## [Exercise inputs]
══════════

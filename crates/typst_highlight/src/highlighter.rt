//! The tag of a node, found from the root of its tree.

ghost use Rattle.std.specs.Prelude.{◌≡◌, ◌+◌, ◌&&◌, ◌||◌, None};
ghost use Rattle.std.specs.Option.{option_map};
ghost use Rattle.typst_tree.specs.Linked.{linked};
ghost use Rattle.typst_tree.specs.Steps.{end_of, kind_of, parent};
ghost use Rattle.typst_highlight.specs.Names.{is_called, kind_ahead, name_alone};
ghost use Rattle.typst_highlight.specs.Rules.{begins_arguments, is_colon, is_show_rule, rule_of};
ghost use Rattle.typst_highlight.specs.Nodes as spec;

use crate::rules::{
    Rule, equals_tag, is_arguments, is_colon, is_content, is_dot, is_field_access, is_hash,
    is_math_name, is_name, is_show_rule, paren_tag, rule_of, slash_tag, star_tag, term_tag,
    underscore_tag,
};
use crate::tags::Tag;
use typst_kinds::SyntaxKind;
use typst_tree::LinkedNode;

/// The tag of a node, or `None` if it has none of its own.
///
/// Takes no memory. Of most kinds the kind tells the tag, in a constant time. The others ask by
/// steps of `LinkedNode`, each of which goes through the children of each node above, except mostly
/// those of the first long row:
/// - a parenthesis, a star, an underscore, a slash and an equals sign for the parent, and markup
///   also for the next sibling;
/// - a hash for the next sibling, and then for what the first leaf of that asks for;
/// - a name for the next leaf. Where that doesn't make it a function, it asks for the parents up to
///   the outermost field access and for the leaf before that, and where these don't tell, for the
///   two leaves before the name and for all that the name before the dot asks for.
///
/// So a node among m siblings may take a time in proportion to m, and a name at the end of a chain
/// `a.b.c` more than that. `highlight_html` asks once for all nodes of a tree, in one pass.
pub fn highlight(node: &LinkedNode) -> Option<Tag>
    ensures { result ≡ spec.tag_of (linked node.now) }
{
    let mut bearer = *node;
    while let Rule::Expression = rule_of(bearer.kind()) {
        let leaf = expression_leaf(bearer)?;
        bearer = leaf;
    }
    tag_by_rule(bearer)
}

/// The leaf whose tag a hash has: the first one of the expression after it.
fn expression_leaf<'a>(hash: LinkedNode<'a>) -> Option<LinkedNode<'a>>
    ensures { option_map linked result ≡ spec.expression_leaf (linked hash.entry) }
{
    let expression = hash.next_sibling()?;
    if expression.hash_expr() {
        expression.leftmost_leaf()
    } else {
        None
    }
}

/// The tag of a node that is no hash.
fn tag_by_rule(node: LinkedNode) -> Option<Tag>
    ensures { result ≡ spec.tag_by (rule_of (kind_of (linked node.entry))) (linked node.entry) None }
{
    match rule_of(node.kind()) {
        Rule::Fixed(tag) => tag,
        Rule::Paren => paren_tag(node.parent_kind()),
        Rule::Star => star_tag(node.parent_kind()),
        Rule::Underscore => underscore_tag(node.parent_kind()),
        Rule::Slash => slash_tag(node.parent_kind()),
        Rule::Equals => equals_tag(node.parent_kind()),
        Rule::Term => term_tag(node.parent_kind(), node.next_sibling_kind()),
        Rule::Name => name_tag(node),
        Rule::Expression => None,
    }
}

/// The tag of a name: its own, or that of the name before the dot before it.
fn name_tag(name: LinkedNode) -> Option<Tag>
    ensures { result ≡ spec.name_tag ((linked name.entry).number + 1) (linked name.entry) }
{
    let mut bearer = name;
    'names: loop {
        match own_tag(bearer) {
            Some(tag) => return Some(tag),
            None => {
                let earlier = earlier_name(bearer)?;
                bearer = earlier;
            }
        }
    }
}

/// The tag of a name, unless only a name before it can tell.
fn own_tag(name: LinkedNode) -> Option<Tag>
    ensures { result ≡ name_alone (spec.surroundings (linked name.entry)) }
{
    let next = name.next_leaf();
    if is_called(name, next) {
        return Some(Tag::Function);
    }
    if is_math_name(name.kind()) {
        return Some(Tag::Interpolated);
    }
    let outer = outermost(name);
    if is_shown(name, next, outer) {
        return Some(Tag::Function);
    }
    if is_hash(leaf_before(outer)) {
        return Some(Tag::Interpolated);
    }
    None
}

/// Whether arguments or content begin where a name ends, by the leaf after the name.
fn is_called<'a>(name: LinkedNode<'a>, next: Option<LinkedNode<'a>>) -> bool
    ensures { result ≡ is_called (end_of (linked name.entry)) (option_map spec.described (option_map linked next.entry)) }
{
    match next {
        None => false,
        Some(leaf) => leaf.offset() == name.range().end && opens_arguments(leaf),
    }
}

/// Whether a leaf begins what a function is called with.
fn opens_arguments(leaf: LinkedNode) -> bool
    ensures { result ≡ begins_arguments (kind_of (linked leaf.entry)) (spec.kind_if (parent (linked leaf.entry))) }
{
    match leaf.kind() {
        SyntaxKind::LeftParen => is_arguments(leaf.parent_kind()),
        SyntaxKind::LeftBracket => is_content(leaf.parent_kind()),
        _ => false,
    }
}

/// Whether a name stands directly before or after the colon of a show rule, by the leaf after the
/// name and the outermost of the field accesses above it.
fn is_shown<'a>(name: LinkedNode<'a>, next: Option<LinkedNode<'a>>, outer: LinkedNode<'a>) -> bool
    ensures { result ≡ (is_show_rule (spec.kind_if (parent (linked outer.entry))) && (is_colon (kind_ahead (option_map spec.described (option_map linked next.entry))) || is_colon (spec.kind_before (linked name.entry)))) }
{
    is_show_rule(outer.parent_kind()) && (is_colon(kind_ahead(next)) || is_colon(leaf_before(name)))
}

/// The kind of the leaf after a name.
fn kind_ahead(next: Option<LinkedNode>) -> Option<SyntaxKind>
    ensures { result ≡ kind_ahead (option_map spec.described (option_map linked next.entry)) }
{
    match next {
        None => None,
        Some(leaf) => Some(leaf.kind()),
    }
}

/// The name before the dot before a name.
fn earlier_name<'a>(name: LinkedNode<'a>) -> Option<LinkedNode<'a>>
    ensures { option_map linked result ≡ spec.earlier_name (linked name.entry) }
{
    let dot = name.prev_leaf()?;
    name_before(dot)
}

/// The name before a dot.
fn name_before<'a>(dot: LinkedNode<'a>) -> Option<LinkedNode<'a>>
    ensures { option_map linked result ≡ spec.name_before (linked dot.entry) }
{
    if !is_dot(dot.kind()) {
        return None;
    }
    let name = dot.prev_leaf()?;
    if is_name(name.kind()) {
        Some(name)
    } else {
        None
    }
}

/// The kind of the last leaf before a node.
fn leaf_before(node: LinkedNode) -> Option<SyntaxKind>
    ensures { result ≡ spec.kind_before (linked node.entry) }
{
    let leaf = node.prev_leaf()?;
    Some(leaf.kind())
}

/// The node, or the outermost of the field accesses above it.
fn outermost<'a>(node: LinkedNode<'a>) -> LinkedNode<'a>
    ensures { linked result ≡ spec.outermost (linked node.entry).number (linked node.entry) }
{
    let mut outer = node;
    while let Some(parent) = outer.parent() {
        if !is_field_access(parent.kind()) {
            return outer;
        }
        outer = parent;
    }
    outer
}
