//! HTML as it is being written.

ghost use Rattle.std.specs.Prelude.{◌≡◌, ◌+◌, ◌≤◌, [], ◌∷◌, ◌++◌, IfOk, IsTrue, OnOk, codes, length, take, string_bytes};
ghost use Rattle.typst_highlight.specs.Html as spec;

use crate::entities::{FEW, entity, has_entity, is_itself, is_plain};
use crate::tags::Tag;
use std::alloc::{AllocError, Global};
use std::marker::Model;
use std::str;

/// How long a page is.
const PAGE: usize = 2048;

/// How much of a page is left where a short text with its span is written.
const ROOM: usize = 128;

/// How long a short text is at most.
const SHORT: usize = 64;

/// What is written, and the page after it, to which short pieces are added without taking memory.
#[derive(Drop)]
pub struct Writer {
    done: String,
    page: [u8; 2048],
    len: usize,
}

impl Model for Writer {
    ghost use Rattle.std.specs.Prelude.{List, ℕ, ◌≤◌, ◌++◌, take, string_bytes};
    ghost use Rattle.std.specs.Str.{IsUtf8};

    ghost Value = { List ℕ };

    ghost view = { λ w. string_bytes w.done ++ take w.len w.page };

    ghost invariant = { λ w. (w.len ≤ 2048) × IsUtf8 (take w.len w.page) };
}

impl Writer {
    /// Nothing is written yet, and there is room for so many bytes.
    pub fn with_capacity(alloc: Global, capacity: usize) -> Result<Writer, AllocError>
        ensures { IfOk result (λ w. w ≡ []) }
    {
        Ok(Writer {
            done: String::with_capacity(alloc, capacity)?,
            page: [0; 2048],
            len: 0,
        })
    }

    /// All that is written.
    pub fn finish(self) -> Result<String, AllocError>
        ensures { IfOk result (λ html. string_bytes html ≡ self) }
    {
        let mut html = self.done;
        let page = &self.page[..self.len];
        html.push_str(unsafe { str::from_utf8_unchecked(page) })?;
        Ok(html)
    }

    /// Begins a new page.
    #[inline(never)]
    fn turn(&mut self) -> Result<(), AllocError>
        ensures { OnOk result (self.new ≡ self.old) }
    {
        let page = &self.page[..self.len];
        self.done
            .push_str(unsafe { str::from_utf8_unchecked(page) })?;
        self.len = 0;
        Ok(())
    }

    /// Writes a text as it is.
    pub fn push(&mut self, text: &str) -> Result<(), AllocError>
        ensures { OnOk result (self.new ≡ self.old ++ text.now) }
    {
        if text.len() > PAGE - self.len {
            return self.push_behind(text);
        }
        self.len = put(&mut self.page, self.len, text);
        Ok(())
    }

    /// Writes a text for which the page has no room.
    #[inline(never)]
    fn push_behind(&mut self, text: &str) -> Result<(), AllocError>
        ensures { OnOk result (self.new ≡ self.old ++ text.now) }
    {
        let page = &self.page[..self.len];
        self.done
            .push_str(unsafe { str::from_utf8_unchecked(page) })?;
        self.len = 0;
        self.done.push_str(text)?;
        Ok(())
    }

    /// Writes a text in the span of a tag, with an entity for each of `& < > ' "`.
    #[inline(always)]
    pub fn write(&mut self, tag: Option<Tag>, text: &str) -> Result<(), AllocError>
        ensures { OnOk result (self.new ≡ self.old ++ (spec.span_start tag ++ (spec.escaped text.now ++ spec.span_end tag))) }
    {
        match text.as_bytes() {
            [byte] if self.len <= PAGE - ROOM && is_itself(*byte) => {
                self.len = put_byte(&mut self.page, self.len, tag, *byte);
                Ok(())
            }
            _ => self.write_text(tag, text),
        }
    }

    /// Writes the text of a node with children, which is empty where the parser made the node.
    #[inline(always)]
    pub fn write_own(&mut self, text: &str) -> Result<(), AllocError>
        ensures { OnOk result (self.new ≡ self.old ++ spec.escaped text.now) }
    {
        if text.is_empty() {
            return Ok(());
        }
        self.write_escaped(text)
    }

    /// Writes a text of any length in the span of a tag.
    #[inline(never)]
    fn write_text(&mut self, tag: Option<Tag>, text: &str) -> Result<(), AllocError>
        ensures { OnOk result (self.new ≡ self.old ++ (spec.span_start tag ++ (spec.escaped text.now ++ spec.span_end tag))) }
    {
        if self.len > PAGE - ROOM {
            return self.write_parts(tag, text);
        }
        if tag.is_none() && text.len() <= FEW {
            if !put_few(&mut self.page, self.len, text.as_bytes()) {
                return self.write_parts(tag, text);
            }
            self.len += text.len();
            return Ok(());
        }
        if text.len() > SHORT || !is_plain(text.as_bytes()) {
            return self.write_parts(tag, text);
        }
        self.len = put_span(&mut self.page, self.len, tag, text);
        Ok(())
    }

    /// Writes a text in the span of a tag piece by piece.
    #[inline(never)]
    fn write_parts(&mut self, tag: Option<Tag>, text: &str) -> Result<(), AllocError>
        ensures { OnOk result (self.new ≡ self.old ++ (spec.span_start tag ++ (spec.escaped text.now ++ spec.span_end tag))) }
    {
        if self.len > PAGE - ROOM {
            self.turn()?;
        }
        self.start(tag)?;
        self.write_escaped(text)?;
        self.end(tag)?;
        Ok(())
    }

    /// Writes a text with an entity for each of `& < > ' "`.
    #[inline(never)]
    fn write_escaped(&mut self, text: &str) -> Result<(), AllocError>
        ensures { OnOk result (self.new ≡ self.old ++ spec.escaped text.now) }
    {
        if is_plain(text.as_bytes()) {
            self.push(text)
        } else {
            self.write_entities(text)
        }
    }

    /// Writes the beginning of the span of a tag.
    pub fn start(&mut self, tag: Option<Tag>) -> Result<(), AllocError>
        ensures { OnOk result (self.new ≡ self.old ++ spec.span_start tag) }
    {
        if let Some(tag) = tag {
            self.push(tag.opening())?;
        }
        Ok(())
    }

    /// Writes the end of the span of a tag.
    pub fn end(&mut self, tag: Option<Tag>) -> Result<(), AllocError>
        ensures { OnOk result (self.new ≡ self.old ++ spec.span_end tag) }
    {
        if tag.is_some() {
            self.push("</span>")?;
        }
        Ok(())
    }

    /// Writes a text with an entity for each of `& < > ' "`, and what stands between them whole.
    fn write_entities(&mut self, text: &str) -> Result<(), AllocError>
        ensures { OnOk result (self.new ≡ self.old ++ spec.escaped text.now) }
    {
        let bytes = text.as_bytes();
        let mut done = 0;
        for at in 0..bytes.len() {
            if let Some(entity) = entity(bytes[at]) {
                self.push(&text[done..at])?;
                self.push(entity)?;
                done = at + 1;
            }
        }
        self.push(&text[done..])?;
        Ok(())
    }
}

/// Puts a text on a page from `at` on, and answers where it ends.
#[inline(always)]
fn put(page: &mut [u8; 2048], at: usize, text: &str) -> usize
    requires { at + length text.now ≤ 2048 }
    ensures end { result ≡ at + length text.now }
    ensures written { take result page.new ≡ take at page.old ++ text.now }
{
    let end = at + text.len();
    page[at..end].copy_from_slice(text.as_bytes());
    end
}

/// Puts the beginning of a span on a page from `at` on, and answers where it ends.
#[inline(always)]
fn put_opening(page: &mut [u8; 2048], at: usize, tag: Tag) -> usize
    requires { at + 32 ≤ 2048 }
    ensures end { result ≤ at + 32 }
    ensures from { at ≤ result }
    ensures written { take result page.new ≡ take at page.old ++ spec.opening tag }
{
    let (block, len) = tag.opening_block();
    put(page, at, block);
    at + len
}

/// Puts a byte in the span of a tag on a page from `at` on, and answers where it ends.
#[inline(always)]
fn put_byte(page: &mut [u8; 2048], at: usize, tag: Option<Tag>, byte: u8) -> usize
    requires { at + 64 ≤ 2048 }
    ensures end { result ≤ at + 64 }
    ensures written { take result page.new ≡ take at page.old ++ (spec.span_start tag ++ (byte ∷ spec.span_end tag)) }
{
    match tag {
        None => {
            page[at] = byte;
            at + 1
        }
        Some(tag) => {
            let start = put_opening(page, at, tag);
            page[start] = byte;
            put(page, start + 1, "</span>")
        }
    }
}

/// Puts few bytes on a page from `at` on, and answers whether none has an entity. Where one has, what
/// then stands after `at` means nothing.
#[inline(always)]
fn put_few(page: &mut [u8; 2048], at: usize, bytes: &[u8]) -> bool
    requires { at + length bytes.now ≤ 2048 }
    ensures kept { take at page.new ≡ take at page.old }
    ensures written { IsTrue result → take (at + length bytes.now) page.new ≡ take at page.old ++ bytes.now }
    ensures plain { IsTrue result → spec.escaped bytes.now ≡ bytes.now }
{
    for index in 0..bytes.len() {
        let byte = bytes[index];
        if has_entity(byte) {
            return false;
        }
        page[at + index] = byte;
    }
    true
}

/// Puts a text in the span of a tag on a page from `at` on, and answers where it ends.
#[inline(always)]
fn put_span(page: &mut [u8; 2048], at: usize, tag: Option<Tag>, text: &str) -> usize
    requires { at + length text.now + 64 ≤ 2048 }
    ensures end { result ≤ at + length text.now + 64 }
    ensures written { take result page.new ≡ take at page.old ++ (spec.span_start tag ++ (text.now ++ spec.span_end tag)) }
{
    match tag {
        None => put(page, at, text),
        Some(tag) => {
            let start = put_opening(page, at, tag);
            let end = put(page, start, text);
            put(page, end, "</span>")
        }
    }
}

══════════

## [Work instructions]
Word for word, restate the lines above from the line containing "while let Some(parent)" through the line containing "span is written.", with both included and nothing else.

## [Your solution]
    while let Some(parent) = outer.parent() {
        if !is_field_access(parent.kind()) {
            return outer;
        }
        outer = parent;
    }
    outer
}
//! HTML as it is being written.

ghost use Rattle.std.specs.Prelude.{◌≡◌, ◌+◌, ◌≤◌, [], ◌∷◌, ◌++◌, IfOk, IsTrue, OnOk, codes, length, take, string_bytes};
ghost use Rattle.typst_highlight.specs.Html as spec;

use crate::entities::{FEW, entity, has_entity, is_itself, is_plain};
use crate::tags::Tag;
use std::alloc::{AllocError, Global};
use std::marker::Model;
use std::str;

/// How long a page is.
const PAGE: usize = 2048;

/// How much of a page is left where a short text with its span is written.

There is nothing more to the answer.